Let $$$k$$$ be the largest non-negative number such that $$$10^{k} \leq n$$$, then $$$n$$$ has $$$k + 1$$$ digits. First, we count the number of numbers with the desired property that are less than $$$10^{k}$$$, which for the previous analysis we can represent as the number of different paths on a grid of size $$$10 \times k$$$ (there are $$$k$$$ digits with values between $$$0$$$ and $$$9$$$), also we have to subtract the path representating $$$0$$$.

Then, the answer for that is equal to $$$\binom{k}{0} + \binom{k + 1}{1} + \binom{k + 2}{2} + \dots + \binom{k + 9}{9} - 1 = \binom{k + 10}{9} - 1$$$. If the most significant digit of $$$n$$$ is $$$a_{k + 1}$$$ we add the number of different paths to travel a grid of size $$$(a_{k + 1} - 1) \times (k + 1)$$$ (since the first digit could be anything between $$$1$$$ and $$$a_{k + 1} - 1$$$, note that including numbers with most significant digit equal to $$$a_{k + 1}$$$ would result in a overcount) to the previous result.
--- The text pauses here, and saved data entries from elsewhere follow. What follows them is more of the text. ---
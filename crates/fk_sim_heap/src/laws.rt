//! Laws of the count and the notes.

ghost use Rattle.fk_sim_heap.specs.Laws.{HeapsBeginUncounted, RequestsAreCounted};
ghost use Rattle.fk_sim_heap.specs.Laws.{RoundsAreCounted};

/// Before the first request the count is 0, and no hart has noted that the heap is full.
pub fn heaps_begin_uncounted()
    ensures { HeapsBeginUncounted }
{}

/// A request that is counted gets the block that the store's heap gives, or none where that has
/// none. The count and the notes show the heap's top after it, if they did before it. With at most
/// 1,024 harts the count never wraps: each passes the end of the heap at most once.
pub fn requests_are_counted()
    ensures { RequestsAreCounted }
{}

/// Harts that are counted one after another in a round, in ascending order, get what their
/// processors get of the store, each after those before it.
pub fn rounds_are_counted()
    ensures { RoundsAreCounted }
{}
We continue this way until the digits of $$$n$$$ are not in non-decreasing order (because after this point there won't be more numbers satisfying the conditions), for example if the $$$(k + 2 - i)$$$-th, $$$i \neq k + 1$$$, most significant digit of $$$n$$$ is $$$a_{i}$$$ we add to the answer the number of paths in a $$$(a_{i} - a_{i + 1}) \times i$$$ grid.

Path-counting on a grid is so powerful...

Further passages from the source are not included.